Genetics, Vol. 173, 2103-2110, August 2006, Copyright © 2006
doi:10.1534/genetics.105.054882
Genetic Control of X Chromosome Inactivation in Mice: Definition of the Xce Candidate Interval
Lisa Helbling Chadwick*,
,
Lisa M. Pertz*,
Karl W. Broman
,
Marisa S. Bartolomei
and
Huntington F. Willard*,1
* Institute for Genome Sciences and Policy, Duke University, Durham, North Carolina 27708, Department of Genetics, Case Western Reserve University, Cleveland, Ohio 44106, Department of Biostatistics, Johns Hopkins University, Baltimore, Maryland 21205 and Department of Cell and Developmental Biology, University of Pennsylvania School of Medicine, Philadelphia, Pennsylvania 19104
1 Corresponding author: Institute for Genome Sciences and Policy, Duke University, Box 3382, 101 Science Dr., Durham, NC 27708.

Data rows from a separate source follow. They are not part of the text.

//! The entry points that make a tape. Each finds the structural indexes of its input into the
//! buffers (`find_positions`), and then builds nodes from them (`build`).
ghost use Rattle.std.specs.Prelude.{◌≡◌, ◌≢◌, ◌≤◌, ◌<◌, [], ℕ, List, length, map, vec_capacity};
ghost use Rattle.std.specs.Prelude.{IfErr, IfOk, OnOk, OnErr, None, Err, ◌⊎◌};
ghost use Rattle.std.specs.Result.{result_err};
ghost use Rattle.simd_json.specs.Parsed.{IsPaddedParse, IsParse, IsParseResult, nodes_of};
ghost use Rattle.simd_json.specs.Parsed.{HasMemory};
ghost use Rattle.simd_json.specs.Capacities.{HoldsScan, KeepsCapacities, ListsSame, capacity};
ghost use Rattle.simd_json.specs.Capacities.{with_room};
ghost use Rattle.simd_json_stages.specs.Capacities.{IsOutOfMemory, LacksMemory, capped};
ghost use Rattle.simd_json_stages.specs.Capacities.{default_max_depth};
ghost use Rattle.simd_json.specs.Reserved.{IsReserved, parse_capacity};
ghost use Rattle.simd_json_parts.specs.Descent.{descent};
ghost use Rattle.simd_json_parts.specs.Limits.{max_length};
ghost use Rattle.simd_json_parts.specs.Nodes.{Item, item_of};
ghost use Rattle.simd_json_parts.specs.Positions.{positions};
ghost use Rattle.simd_json_stages.specs.Building.{IsWritten};
ghost use Rattle.simd_json_stages.specs.NodesEnough.{nodes_enough};
ghost use Rattle.simd_json_stages.specs.Rejections.{IsTokenFault};

use crate::buffers::Buffers;
use crate::tape::Tape;
use crate::{DEFAULT_MAX_DEPTH, INPUT_PADDING};
use simd_json_parts::error::{Error, ErrorType, Result};
use simd_json_parts::node::Node;
use simd_json_stages::stage2::{Original, build_tape, nodes_enough};
use std::alloc::Allocator;
use std::marker::Brand;

/// Reads the bytes of one document (RFC 8259) as a tape, with at most [`DEFAULT_MAX_DEPTH`]
/// containers open at a time.
///
/// Returns the first error if the bytes are not such a document, in this order:
///
/// - Errors of the whole input, reported at index 0 and without a character, before any token is
///   read: `InputTooLarge` for more than 4,294,967,295 bytes, `InvalidUtf8` if they are not UTF-8,
///   `Syntax` if a string is left open or has a byte below 0x20 inside (section 7), `Eof` if there
///   is nothing but whitespace.
/// - The first token that is rejected, from the left, with an index and the character there:
///   `InternalError`, `ExpectedArrayContent`, `ExpectedObjectContent`, `ExpectedObjectKey`,
///   `ExpectedObjectColon` or `TrailingData` where another token is expected (sections 2, 4 and 5),
///   `Syntax` where none is left, `ExpectedTrue`, `ExpectedFalse` or `ExpectedNull` (section 3),
///   `InvalidNumber` (section 6), `InvalidEscape` at a backslash, with the byte after it, and
///   `InvalidUnicodeCodepoint` at a backslash, with the character `u` (section 7), and
///   `DepthLimitExceeded` at the bracket that opens a container beyond the limit (section 9).
///
/// `OutOfMemory`, at index 0 and without a character, is returned if an allocation fails, and only
/// if size and encoding are right. After an error there is no tape, and the contents of `s` are
/// unspecified.
///
/// ```
/// fn first_len(rt: &impl AllocGlobal) -> simd_json::Result<usize> {
///     let mut input = *b"[1,[2,3],4]";
///     let tape = simd_json::to_tape(rt.alloc(), &mut input)?;
///     Ok(tape.nodes().len())
/// }
/// ```
pub fn to_tape<'de, A: Allocator + Copy>(a: A, s: &'de mut [u8]) -> Result<Tape<'de, A>>
    ensures parse { IsParseResult s.old default_max_depth 0
        (result_err result) (nodes_of result) }
    ensures some { IfOk result (λ tape. tape.nodes ≢ []) }
{
    let mut buffers = Buffers::empty(a, DEFAULT_MAX_DEPTH);
    to_tape_with_buffers(s, &mut buffers)
}

/// Reads a document as [`to_tape`] does, but within the depth limit of the buffers and with their
/// lists. The tape takes its memory from the allocator of the buffers.
///
/// The errors are those of [`to_tape`]. After one without a character `structural_indexes` of the
/// buffers is empty; otherwise it lists the structural indexes of `s`. The buffers can be used
/// again after every call.
///
/// ```
/// use simd_json::{Buffers, to_tape_with_buffers};
///
/// fn count_positions(rt: &impl AllocGlobal) -> simd_json::Result<usize> {
///     let mut input = *b"[1,[2,3],4]";
///     let mut buffers = Buffers::with_max_depth(rt.alloc(), input.len(), 2)?;
///     let _tape = to_tape_with_buffers(&mut input, &mut buffers)?;
///     Ok(buffers.structural_indexes().len())
/// }
/// ```
pub fn to_tape_with_buffers<'de, A: Allocator + Copy>(
    s: &'de mut [u8],
    buffers: &mut Buffers<A>,
) -> Result<Tape<'de, A>>
    ensures parse { IsParse s.old buffers.old.limit 0
        (result_err result) (nodes_of result) buffers.new.index.listed }
    ensures some { IfOk result (λ tape. tape.nodes ≢ []) }
    ensures limit { buffers.new.limit ≡ buffers.old.limit }
    ensures capacities { KeepsCapacities buffers.old buffers.new }
{
    let mut tape = Tape::empty(*buffers.stack.allocator());
    fill_tape(s, buffers, &mut tape)?;
    Ok(tape)
}

/// Reads a document into a tape that is there already, within the depth limit of the buffers and
/// with their lists. What buffers and tape held before does not matter.
///
/// The errors are those of [`to_tape`]. After one the tape is empty. After one without a character
/// `structural_indexes` of the buffers is empty too; otherwise it lists the structural indexes of
/// `s`. Buffers and tape can be used again after every call.
///
/// If buffers and tape have capacity for as many bytes as `s` has, as after [`reserve`],
/// `OutOfMemory` is not returned. No parse gives up capacity.
///
/// ```
/// use simd_json::{Buffers, Tape, fill_tape, reserve};
///
/// fn count_nodes(rt: &impl AllocGlobal, log: &mut [u8]) -> simd_json::Result<usize> {
///     let mut buffers = Buffers::new(rt.alloc(), 0)?;
///     let mut tape = Tape::null(rt.alloc())?;
///     reserve(log.len(), &mut buffers, &mut tape)?;
///     let mut nodes = 0usize;
///     for line in log.split_mut(|byte| *byte == b'\n') {
///         fill_tape(line, &mut buffers, &mut tape)?;
///         nodes = nodes.saturating_add(tape.nodes().len());
///     }
///     Ok(nodes)
/// }
/// ```
pub fn fill_tape<'de, A: Allocator, B: Allocator>(
    s: &'de mut [u8],
    buffers: &mut Buffers<A>,
    tape: &mut Tape<'de, B>,
) -> Result<()>
    ensures parse { IsParse s.old buffers.old.limit (parse_capacity buffers.old tape.old)
        (result_err result) tape.new.nodes buffers.new.index.listed }
    ensures some { OnOk result (tape.new.nodes ≢ []) }
    ensures limit { buffers.new.limit ≡ buffers.old.limit }
    ensures capacities { KeepsCapacities buffers.old buffers.new
        × (tape.old.capacity ≤ tape.new.capacity) }
{
    tape.clear();
    buffers.find_positions(s)?;
    let positions = buffers.index.scanned().structural_indexes.len();
    if let Err(e) = tape.reserve(nodes_enough(positions, buffers.max_depth)) {
        buffers.clear();
        return Err(e);
    }
    build::<Brand, A, B>(s, buffers, &mut tape.list)
}

/// Reads the document in the first `len` bytes of `s` into a tape, as [`fill_tape`] does, if at
/// least [`INPUT_PADDING`] bytes follow it. What these hold does not matter, and they stay as they
/// are.
///
/// If fewer follow, it returns `InsufficientPadding` at index 0 and without a character, before
/// anything is read. The other errors are those of [`to_tape`] on the document. Tape and buffers
/// are left as by [`fill_tape`].
///
/// ```
/// use simd_json::{Buffers, INPUT_PADDING, Tape, fill_tape_padded};
///
/// fn read_padded(rt: &impl AllocGlobal) -> simd_json::Result<usize> {
///     let mut input = [b'1'; 2 + INPUT_PADDING];
///     let mut buffers = Buffers::new(rt.alloc(), 2)?;
///     let mut tape = Tape::null(rt.alloc())?;
///     fill_tape_padded(&mut input, 2, &mut buffers, &mut tape)?;
///     Ok(tape.nodes().len())
/// }
/// ```
pub fn fill_tape_padded<'de, A: Allocator, B: Allocator>(
    s: &'de mut [u8],
    len: usize,
    buffers: &mut Buffers<A>,
    tape: &mut Tape<'de, B>,
) -> Result<()>
    ensures parse { IsPaddedParse s.old len buffers.old.limit (parse_capacity buffers.old tape.old)
        (result_err result) tape.new.nodes buffers.new.index.listed }
    ensures some { OnOk result (tape.new.nodes ≢ []) }
    ensures limit { buffers.new.limit ≡ buffers.old.limit }
    ensures capacities { KeepsCapacities buffers.old buffers.new
        × (tape.old.capacity ≤ tape.new.capacity) }
{
    if s.len().saturating_sub(len) < INPUT_PADDING {
        buffers.clear();
        tape.clear();
        return Err(Error::generic(ErrorType::InsufficientPadding));
    }
    let (document, _) = s.split_at_mut(len);
    fill_tape(document, buffers, tape)
}

/// Reads a document as [`fill_tape`] does, into the memory of a tape of another lifetime. Returns
/// the result and a tape of this lifetime, with the capacity of the other and of what the parse
/// reserved. So a loop can read each of its inputs into one buffer; with `fill_tape` they would all
/// have to live at the same time.
///
/// The errors are those of [`to_tape`]; after one the tape is empty. The tape borrows from `s`,
/// which can be written again once the tape is [`reset`](Tape::reset) or dropped. A reservation
/// outlives all of this.
///
/// ```
/// use simd_json::{Buffers, Tape, refill_tape, reserve};
///
/// fn count_in_place(rt: &impl AllocGlobal) -> simd_json::Result<usize> {
///     let mut buffers = Buffers::new(rt.alloc(), 0)?;
///     let mut kept = Tape::null(rt.alloc())?;
///     reserve(5, &mut buffers, &mut kept)?;
///     let mut nodes = 0usize;
///     let mut input = [0u8; 5];
///     for digit in b'0'..=b'9' {
///         input.copy_from_slice(&[b'[', digit, b',', digit, b']']);
///         let (result, tape) = refill_tape(&mut input, &mut buffers, kept);
///         result?;
///         nodes = nodes.saturating_add(tape.nodes().len());
///         kept = tape.reset();
///     }
///     Ok(nodes)
/// }
/// ```
pub fn refill_tape<'de, A: Allocator, B: Allocator>(
    s: &'de mut [u8],
    buffers: &mut Buffers<A>,
    tape: Tape<'_, B>,
) -> (Result<()>, Tape<'de, B>)
    ensures parse { IsParse s.old buffers.old.limit (parse_capacity buffers.old tape.entry)
        (result_err result.0) result.1.nodes buffers.new.index.listed }
    ensures some { OnOk result.0 (result.1.nodes ≢ []) }
    ensures limit { buffers.new.limit ≡ buffers.old.limit }
    ensures capacities { KeepsCapacities buffers.old buffers.new
        × (tape.entry.capacity ≤ result.1.capacity) }
    ensures reserved { (len : ℕ) → IsReserved len buffers.old tape.entry
        → IsReserved len buffers.new result.1
        × (length s.old ≤ len → HasMemory (result_err result.0)) }
{
    let mut tape = tape.reset();
    let answer = fill_tape(s, buffers, &mut tape);
    (answer, tape)
}

/// Reserves capacity in buffers and tape for inputs of up to `input_len` bytes (more than
/// 4,294,967,295 count as that number): after it no parse of such an input with both of them
/// returns `OutOfMemory`, however many follow, and whether or not the tape is reset between them.
/// What is listed stays, and so does capacity.
///
/// It takes about 28 bytes for each byte of `input_len`, and 48 for each container that may be
/// open, and nothing where there is as much capacity. Returns `OutOfMemory` if an allocation fails;
/// what has been reserved by then stays, and the tape is as it was.
///
/// ```
/// use simd_json::{Buffers, Tape, fill_tape, reserve};
///
/// fn read_twice(rt: &impl AllocGlobal) -> simd_json::Result<usize> {
///     let (mut first, mut second) = (*b"[1,2]", *b"[[3]]");
///     let mut buffers = Buffers::empty(rt.alloc(), 2);
///     let mut tape = Tape::null(rt.alloc())?;
///     reserve(5, &mut buffers, &mut tape)?;
///     fill_tape(&mut first, &mut buffers, &mut tape)?;
///     fill_tape(&mut second, &mut buffers, &mut tape)?;
///     Ok(tape.nodes().len())
/// }
/// ```
pub fn reserve<A: Allocator, B: Allocator>(
    input_len: usize,
    buffers: &mut Buffers<A>,
    tape: &mut Tape<'_, B>,
) -> Result<()>
    ensures reserved { OnOk result (IsReserved input_len buffers.new tape.new) }
    ensures capacity { OnOk result (capped input_len ≤ parse_capacity buffers.new tape.new) }
    ensures exact { OnOk result (buffers.new ≡ with_room (capped input_len) buffers.old) }
    ensures same { ListsSame buffers.old buffers.new × (tape.new.nodes ≡ tape.old.nodes) }
    ensures kept { KeepsCapacities buffers.old buffers.new
        × (tape.old.capacity ≤ tape.new.capacity) }
    ensures enough { capped input_len ≤ parse_capacity buffers.old tape.old
        → (buffers.new ≡ buffers.old) × (tape.new ≡ tape.old) }
    ensures failed { OnErr result (tape.new ≡ tape.old) }
    ensures fault { IfErr result (λ e. IsOutOfMemory e
        × (parse_capacity buffers.old tape.old < capped input_len)) }
{
    buffers.reserve(input_len)?;
    let positions = input_len.min(u32::MAX as usize);
    tape.reserve(nodes_enough(positions, buffers.max_depth))
}

// Runs the second stage into a list with enough capacity. After an error the list is empty. All
// that takes the list is inlined, so that the pointer to it stays in a register.
#[inline(never)]
fn build<'de, K: Original, A: Allocator, B: Allocator>(
    s: &'de mut [u8],
    buffers: &mut Buffers<A>,
    list: &mut Vec<Node<'de>, B>,
) -> Result<()>
    requires input { s.old ≡ K.bytes }
    requires scanned { HoldsScan K.bytes buffers.old }
    requires room { nodes_enough (length (positions K.bytes)) buffers.old.limit
        ≤ vec_capacity list.old }
    requires empty { list.old.items ≡ [] }
    ensures built { OnOk result (IsWritten K.bytes buffers.old.limit (map item_of list.new.items)) }
    ensures few { OnOk result
        (length (map item_of list.new.items) ≤ length (positions K.bytes)) }
    ensures empty { OnErr result (map item_of list.new.items ≡ []) }
    ensures kept { buffers.new ≡ buffers.old }
    ensures capacity { vec_capacity list.new ≡ vec_capacity list.old }
    ensures rejected { IfErr result
        (λ e. IsTokenFault e × (descent K.bytes buffers.old.limit ≡ Err e)) }
{
    let built = build_tape::<K, Node<'de>, B>(
        s,
        buffers.index.scanned(),
        buffers.stack.as_mut_slice(),
        &mut buffers.few,
        list,
        buffers.max_depth,
    );
    match built {
        Ok(()) => Ok(()),
        Err(e) => {
            list.clear();
            Err(e)
        }
    }
}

E-mail: hunt.willard{at}duke.edu
In early mammalian development, one of the two X chromosomes is silenced in each female cell as a result of X chromosome inactivation, the mammalian dosage compensation mechanism. In the mouse epiblast, the choice of which chromosome is inactivated is essentially random, but can be biased by alleles at the X-linked X controlling element (Xce). Although this locus was first described nearly four decades ago, the identity and precise genomic localization of Xce remains elusive. Within the X inactivation center region of the X chromosome, previous linkage disequilibrium studies comparing strains of known Xce genotypes have suggested that Xce is physically distinct from Xist, although this has not yet been established by genetic mapping or progeny testing. In this report, we used quantitative trait locus (QTL) mapping strategies to define the minimal Xce candidate interval. Subsequent analysis of recombinant chromosomes allowed for the establishment of a maximum 1.85-Mb candidate region for the Xce locus. Finally, we use QTL approaches in an effort to identify additional modifiers of the X chromosome choice, as we have previously demonstrated that choice in Xce heterozygous females is significantly influenced by genetic variation present on autosomes (CHADWICK and WILLARD 2005). We did not identify any autosomal loci with significant associations and thus show conclusively that Xce is the only major locus to influence X inactivation patterns in the crosses analyzed. This study provides a foundation for future analyses into the genetic control of X chromosome inactivation and defines a 1.85-Mb interval encompassing all the major elements of the Xce locus.